Excerpted data Start Marker
//! `Table`: the facts of a saturated part.
ghost use Rattle.std.specs.Prelude.{◌≡◌, ◌↔◌, IsTrue};
ghost use Rattle.fact_rows.specs.Rows.{row};
ghost use Rattle.el_numbers.specs.Table.{Has, below_fact, link_fact, size};
ghost use Rattle.el_numbers.specs.inner.Storing.{IsLinked, IsCounted, state_of};

use crate::storing::FactRows;
use fact_rows::{NumberSet, number_set_at, pair_set_has, set_has};
use std::marker::Model;

/// A table of facts: seen as the rows of what each expression is below and of its links.
#[derive(Drop)]
pub struct Table {
    rows: FactRows,
}

impl Model for Table {
    ghost use Rattle.el_numbers.specs.Table.{TableState};
    ghost use Rattle.el_numbers.specs.inner.Storing.{IsLinked, IsCounted, state_of};

    ghost Value = { TableState };

    ghost view = { λ t. state_of t.rows };

    ghost invariant = { λ t. IsLinked t.rows × IsCounted t.rows };
}

impl Table {
    /// The table of these rows.
    pub(crate) fn of(rows: FactRows) -> Table
        requires linked { IsLinked rows }
        requires counted { IsCounted rows }
        ensures { result ≡ state_of rows }
    {
        Table { rows }
    }

    /// Whether an expression is below another.
    pub fn below(&self, lower: u32, upper: u32) -> bool
        ensures { IsTrue result ↔ Has self.now (below_fact lower upper) }
    {
        set_has(&self.rows.below, lower, upper)
    }

    /// Whether an expression has a link by a role to another.
    pub fn link(&self, start: u32, role: u32, end: u32) -> bool
        ensures { IsTrue result ↔ Has self.now (link_fact start role end) }
    {
        pair_set_has(&self.rows.links, start, (role, end))
    }

    /// The number of facts.
    pub fn facts(&self) -> u64
        ensures { result ≡ size self.now }
    {
        self.rows.count
    }

    /// What an expression is below, itself and Thing included.
    pub fn subsumers(&self, lower: u32) -> &[u32]
        ensures { result.now ≡ row self.now.below lower }
    {
        number_set_at(&self.rows.below, lower)
    }

    /// What each expression is below.
    pub fn rows(&self) -> &[NumberSet]
        ensures { result.now ≡ self.now.below }
    {
        self.rows.below.as_slice()
    }
}
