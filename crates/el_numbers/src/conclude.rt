//! What follows at once from a fact and the table: for each rule with that fact among its premises. The letters are those
//! of the rules.
ghost use Rattle.std.specs.Prelude.{◌≡◌, ◌++◌, OnOk};
ghost use Rattle.fact_rows.specs.Rows.{row};
ghost use Rattle.el_numbers.specs.inner.Conclude.{told_ends, belows, links, shape_links, back_belows, link_belows, first_links, second_links, and_belows, clashes, back_nothings, role_links, link_nothing, below_conclusions, link_conclusions, conclusions};
ghost use Rattle.el_numbers.specs.inner.Met.{IsMet};

use crate::index::{Indexes, shape_at};
use crate::met::{Met, is_met};
use crate::part::NOTHING;
use crate::storing::FactRows;
use crate::{Fact, NumberedPart, Shape};
use fact_rows::{NumberSet, Pairs, number_set_at, numbers_at, pair_set_at, pairs_at, set_has};
use std::alloc::AllocError;

/// C is below each of these.
fn push_told(out: &mut Vec<Fact>, c: u32, ends: &[u32]) -> Result<(), AllocError>
    ensures { OnOk result (out.new.items ≡ out.old.items ++ told_ends c ends.now) }
{
    for e in ends {
        out.push(Fact::Below(c, *e))?;
    }
    Ok(())
}

/// B is below each restriction with this role.
fn push_belows(out: &mut Vec<Fact>, b: u32, r: u32, pairs: &[(u32, u32)]) -> Result<(), AllocError>
    ensures { OnOk result (out.new.items ≡ out.old.items ++ belows b r pairs.now) }
{
    for (role, node) in pairs {
        if *role == r {
            out.push(Fact::Below(b, *node))?;
        }
    }
    Ok(())
}

/// C has a link to E by each role that the chains with this role imply.
fn push_links(
    out: &mut Vec<Fact>,
    c: u32,
    e: u32,
    s: u32,
    pairs: &[(u32, u32)],
) -> Result<(), AllocError>
    ensures { OnOk result (out.new.items ≡ out.old.items ++ links c e s pairs.now) }
{
    for (role, whole) in pairs {
        if *role == s {
            out.push(Fact::Link(c, *whole, e))?;
        }
    }
    Ok(())
}

/// C has the link of a restriction.
fn push_shape_links(out: &mut Vec<Fact>, c: u32, shape: Option<Shape>) -> Result<(), AllocError>
    ensures { OnOk result (out.new.items ≡ out.old.items ++ shape_links c shape) }
{
    match shape {
        None => Ok(()),
        Some(Shape::Name) => Ok(()),
        Some(Shape::And) => Ok(()),
        Some(Shape::Some(r, d)) => {
            out.push(Fact::Link(c, r, d))?;
            Ok(())
        }
    }
}

/// What has a link is below the restrictions with its role.
fn push_back_belows(
    out: &mut Vec<Fact>,
    somes: &[(u32, u32)],
    back: &[(u32, u32)],
) -> Result<(), AllocError>
    ensures { OnOk result (out.new.items ≡ out.old.items ++ back_belows somes.now back.now) }
{
    if somes.is_empty() {
        return Ok(());
    }
    for (r, b) in back {
        push_belows(out, *b, *r, somes)?;
    }
    Ok(())
}

/// C, with an r-link, is below the restrictions with r whose fillers are among these.
fn push_link_belows(
    out: &mut Vec<Fact>,
    somes: &[Pairs],
    c: u32,
    r: u32,
    below: &[u32],
) -> Result<(), AllocError>
    ensures { OnOk result (out.new.items ≡ out.old.items ++ link_belows somes.now c r below.now) }
{
    for e in below {
        push_belows(out, c, r, pairs_at(somes, *e))?;
    }
    Ok(())
}

/// C goes on from the first link of a chain.
fn push_first_links(
    out: &mut Vec<Fact>,
    c: u32,
    first: &[(u32, u32)],
    links: &[(u32, u32)],
) -> Result<(), AllocError>
    ensures { OnOk result (out.new.items ≡ out.old.items ++ first_links c first.now links.now) }
{
    if first.is_empty() {
        return Ok(());
    }
    for (s, e) in links {
        push_links(out, c, *e, *s, first)?;
    }
    Ok(())
}

/// What comes before the second link of a chain goes on to D.
fn push_second_links(
    out: &mut Vec<Fact>,
    d: u32,
    second: &[(u32, u32)],
    back: &[(u32, u32)],
) -> Result<(), AllocError>
    ensures { OnOk result (out.new.items ≡ out.old.items ++ second_links d second.now back.now) }
{
    if second.is_empty() {
        return Ok(());
    }
    for (r, b) in back {
        push_links(out, *b, d, *r, second)?;
    }
    Ok(())
}

/// C is below each intersection whose operands all stand in its row.
fn push_and_belows(
    out: &mut Vec<Fact>,
    met: &mut Met,
    part: &NumberedPart,
    rows: &[NumberSet],
    c: u32,
    ands: &[u32],
) -> Result<(), AllocError>
    requires { IsMet part.now.operands.items rows.now met.old }
    ensures out { OnOk result (out.new.items ≡ out.old.items ++ and_belows part.now.operands.items c (row rows.now c) ands.now) }
    ensures met { OnOk result (IsMet part.now.operands.items rows.now met.new) }
{
    for a in ands {
        if is_met(met, part, rows, c, *a)? {
            out.push(Fact::Below(c, *a))?;
        }
    }
    Ok(())
}

/// C is below Nothing for each of these that stands in its row.
fn push_clashes(
    out: &mut Vec<Fact>,
    rows: &[NumberSet],
    c: u32,
    others: &[u32],
) -> Result<(), AllocError>
    ensures { OnOk result (out.new.items ≡ out.old.items ++ clashes c (row rows.now c) others.now) }
{
    for e in others {
        if set_has(rows, c, *e) {
            out.push(Fact::Below(c, NOTHING))?;
        }
    }
    Ok(())
}

/// What has a link to a class below Nothing is below it too.
fn push_back_nothings(out: &mut Vec<Fact>, d: u32, back: &[(u32, u32)]) -> Result<(), AllocError>
    ensures { OnOk result (out.new.items ≡ out.old.items ++ back_nothings d back.now) }
{
    if d != NOTHING {
        return Ok(());
    }
    for (_, b) in back {
        out.push(Fact::Below(*b, NOTHING))?;
    }
    Ok(())
}

/// C has a link to D by each of these roles.
fn push_role_links(out: &mut Vec<Fact>, c: u32, d: u32, roles: &[u32]) -> Result<(), AllocError>
    ensures { OnOk result (out.new.items ≡ out.old.items ++ role_links c d roles.now) }
{
    for s in roles {
        out.push(Fact::Link(c, *s, d))?;
    }
    Ok(())
}

/// C, with a link to D, is below Nothing where D is.
fn push_link_nothing(
    out: &mut Vec<Fact>,
    rows: &[NumberSet],
    c: u32,
    d: u32,
) -> Result<(), AllocError>
    ensures { OnOk result (out.new.items ≡ out.old.items ++ link_nothing c (row rows.now d)) }
{
    if set_has(rows, d, NOTHING) {
        out.push(Fact::Below(c, NOTHING))?;
    }
    Ok(())
}

/// What follows from a fact of the first form.
fn conclude_below(
    part: &NumberedPart,
    indexes: &Indexes,
    table: &FactRows,
    met: &mut Met,
    c: u32,
    d: u32,
    out: &mut Vec<Fact>,
) -> Result<(), AllocError>
    requires { IsMet part.now.operands.items table.now.below.items met.old }
    ensures out { OnOk result (out.new.items ≡ out.old.items ++ below_conclusions part.now indexes.now table.now c d) }
    ensures met { OnOk result (IsMet part.now.operands.items table.now.below.items met.new) }
{
    push_told(out, c, numbers_at(&indexes.told, d))?;
    push_told(out, c, numbers_at(&part.operands, d))?;
    push_shape_links(out, c, shape_at(&part.shapes, d))?;
    push_back_belows(out, pairs_at(&indexes.somes, d), pairs_at(&table.back, c))?;
    push_and_belows(
        out,
        met,
        part,
        &table.below,
        c,
        numbers_at(&indexes.ands, d),
    )?;
    push_clashes(out, &table.below, c, numbers_at(&indexes.disjoint, d))?;
    push_back_nothings(out, d, pairs_at(&table.back, c))?;
    Ok(())
}

/// What follows from a link.
fn conclude_link(
    part: &NumberedPart,
    indexes: &Indexes,
    table: &FactRows,
    c: u32,
    r: u32,
    d: u32,
    out: &mut Vec<Fact>,
) -> Result<(), AllocError>
    ensures { OnOk result (out.new.items ≡ out.old.items ++ link_conclusions part.now indexes.now table.now c r d) }
{
    push_link_belows(out, &indexes.somes, c, r, number_set_at(&table.below, d))?;
    push_first_links(
        out,
        c,
        pairs_at(&indexes.first, r),
        pair_set_at(&table.links, d),
    )?;
    push_second_links(
        out,
        d,
        pairs_at(&indexes.second, r),
        pairs_at(&table.back, c),
    )?;
    push_role_links(out, c, d, numbers_at(&indexes.roles, r))?;
    push_told(out, c, numbers_at(&indexes.domains, r))?;
    push_link_nothing(out, &table.below, c, d)?;
    Ok(())
}

/// Adds what follows from a fact and the table by one rule with that fact among its premises.
pub fn conclude(
    part: &NumberedPart,
    indexes: &Indexes,
    table: &FactRows,
    met: &mut Met,
    fact: Fact,
    out: &mut Vec<Fact>,
) -> Result<(), AllocError>
    requires { IsMet part.now.operands.items table.now.below.items met.old }
    ensures out { OnOk result (out.new.items ≡ out.old.items ++ conclusions part.now indexes.now table.now fact) }
    ensures met { OnOk result (IsMet part.now.operands.items table.now.below.items met.new) }
{
    match fact {
        Fact::Below(c, d) => conclude_below(part, indexes, table, met, c, d, out),
        Fact::Link(c, r, d) => conclude_link(part, indexes, table, c, r, d, out),
    }
}
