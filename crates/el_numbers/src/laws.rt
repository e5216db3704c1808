//! What the rules and the table amount to. Each law is the contract of a function that changes nothing.
ghost use Rattle.el_numbers.specs.Laws.{AnswersExclude, BelowIsTransitive, SaturatedIsLargest, SaturatedRowsAreOrdered};

/// What is derived below something that is derived below a third is derived below the third, though no rule says so.
pub fn below_is_transitive()
    ensures { BelowIsTransitive }
{}

/// The two answers of `saturate` exclude each other.
pub fn answers_exclude()
    ensures { AnswersExclude }
{}

/// The rows of a saturated table are a reflexive and transitive relation on the expressions, without repeats.
pub fn saturated_rows_are_ordered()
    ensures { SaturatedRowsAreOrdered }
{}

/// No table of derived facts, each once, is larger than a saturated one: so its size is the number of derived facts.
pub fn saturated_is_largest()
    ensures { SaturatedIsLargest }
{}
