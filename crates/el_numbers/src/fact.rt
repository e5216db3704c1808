//! Facts: what the rules derive.

/// A fact about numbered expressions.
#[derive(Clone, Copy, Debug, PartialEq, Eq)]
pub enum Fact {
    /// The first expression is subsumed by the second.
    Below(u32, u32),
    /// The first expression has a link by a role, the second number, to the third.
    Link(u32, u32, u32),
}
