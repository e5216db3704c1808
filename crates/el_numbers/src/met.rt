//! `Met`: how far the operands of intersections were found in the rows. Rows only grow, so what was found stays, and a
//! later search goes on from there.
ghost use Rattle.std.specs.Prelude.{◌≡◌, ℕ, false, OnOk, IfOk, if◌then◌else◌, length, nat_eq, take};
ghost use Rattle.std.specs.List.{list_all, list_any};
ghost use Rattle.fact_rows.specs.Member.{In};
ghost use Rattle.fact_rows.specs.Rows.{row};
ghost use Rattle.el_numbers.specs.inner.Met.{IsMet, known, same_pair};

use crate::NumberedPart;
use fact_rows::{NumberSet, numbers_at, set_has};
use hash_key::HashKey;
use indexmap::IndexMap;
use std::alloc::{AllocError, Global};

/// An intersection of no more operands is looked through anew for each fact: at most so many look-ups, and no memory for
/// notes. Nearly all intersections have two or three operands.
const FEW: usize = 16;

/// For an expression and an intersection: how many operands, from the first on, were found in the row of the expression.
#[derive(Drop)]
pub struct Met {
    counts: IndexMap<(u32, u32), usize, HashKey>,
}

impl Met {
    /// Nothing was found yet.
    pub fn new(alloc: Global, hash_key: HashKey) -> Met
        ensures { (c a : ℕ) → known result c a ≡ 0 }
    {
        Met {
            counts: IndexMap::with_hasher(alloc, hash_key),
        }
    }

    /// How many operands of an intersection were found.
    fn known(&self, c: u32, a: u32) -> usize
        ensures { result ≡ known self.now c a }
    {
        match self.counts.get(&(c, a)) {
            Some(count) => *count,
            None => 0,
        }
    }

    /// Notes that so many operands of an intersection were found.
    fn note(&mut self, c: u32, a: u32, count: usize) -> Result<(), AllocError>
        ensures { OnOk result ((d b : ℕ) → known self.new d b ≡ (if same_pair (c, a) (d, b) then count else known self.old d b)) }
    {
        self.counts.insert((c, a), count)?;
        Ok(())
    }
}

/// The place of the first number that a row lacks, where those before `from` stand in it; past the end, where it lacks
/// none.
fn first_missing(rows: &[NumberSet], at: u32, numbers: &[u32], from: usize) -> usize
    requires { (x : ℕ) → In x (take from numbers.now) → In x (row rows.now at) }
    ensures found { (x : ℕ) → In x (take result numbers.now) → In x (row rows.now at) }
    ensures all { nat_eq result (length numbers.now) ≡ list_all (λ x. list_any (nat_eq x) (row rows.now at)) numbers.now }
{
    for place in from..numbers.len() {
        if !set_has(rows, at, numbers[place]) {
            return place;
        }
    }
    numbers.len()
}

/// Whether all operands of a wide intersection stand in a row. What is found is noted.
fn is_wide_met(
    met: &mut Met,
    rows: &[NumberSet],
    c: u32,
    a: u32,
    operands: &[u32],
) -> Result<bool, AllocError>
    requires { (x : ℕ) → In x (take (known met.old c a) operands.now) → In x (row rows.now c) }
    ensures is { IfOk result (λ is. is ≡ list_all (λ x. list_any (nat_eq x) (row rows.now c)) operands.now) }
    ensures found { OnOk result ((x : ℕ) → In x (take (known met.new c a) operands.now) → In x (row rows.now c)) }
    ensures others { OnOk result ((d b : ℕ) → same_pair (c, a) (d, b) ≡ false → known met.new d b ≡ known met.old d b) }
{
    let known = met.known(c, a);
    let found = first_missing(rows, c, operands, known);
    if found > known {
        met.note(c, a, found)?;
    }
    Ok(found == operands.len())
}

/// Whether all operands of an intersection stand in a row. Where they are many, what is found is noted.
pub fn is_met(
    met: &mut Met,
    part: &NumberedPart,
    rows: &[NumberSet],
    c: u32,
    a: u32,
) -> Result<bool, AllocError>
    requires { IsMet part.now.operands.items rows.now met.old }
    ensures is { IfOk result (λ is. is ≡ list_all (λ x. list_any (nat_eq x) (row rows.now c)) (row part.now.operands.items a)) }
    ensures met { OnOk result (IsMet part.now.operands.items rows.now met.new) }
{
    let operands = numbers_at(&part.operands, a);
    if operands.len() <= FEW {
        return Ok(first_missing(rows, c, operands, 0) == operands.len());
    }
    is_wide_met(met, rows, c, a, operands)
}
Excerpted data End Marker
■ Task goal: Among the entries above, how many lines have the string "intersections" in them? Only the number should be given.

■ Answer for this exercise: 2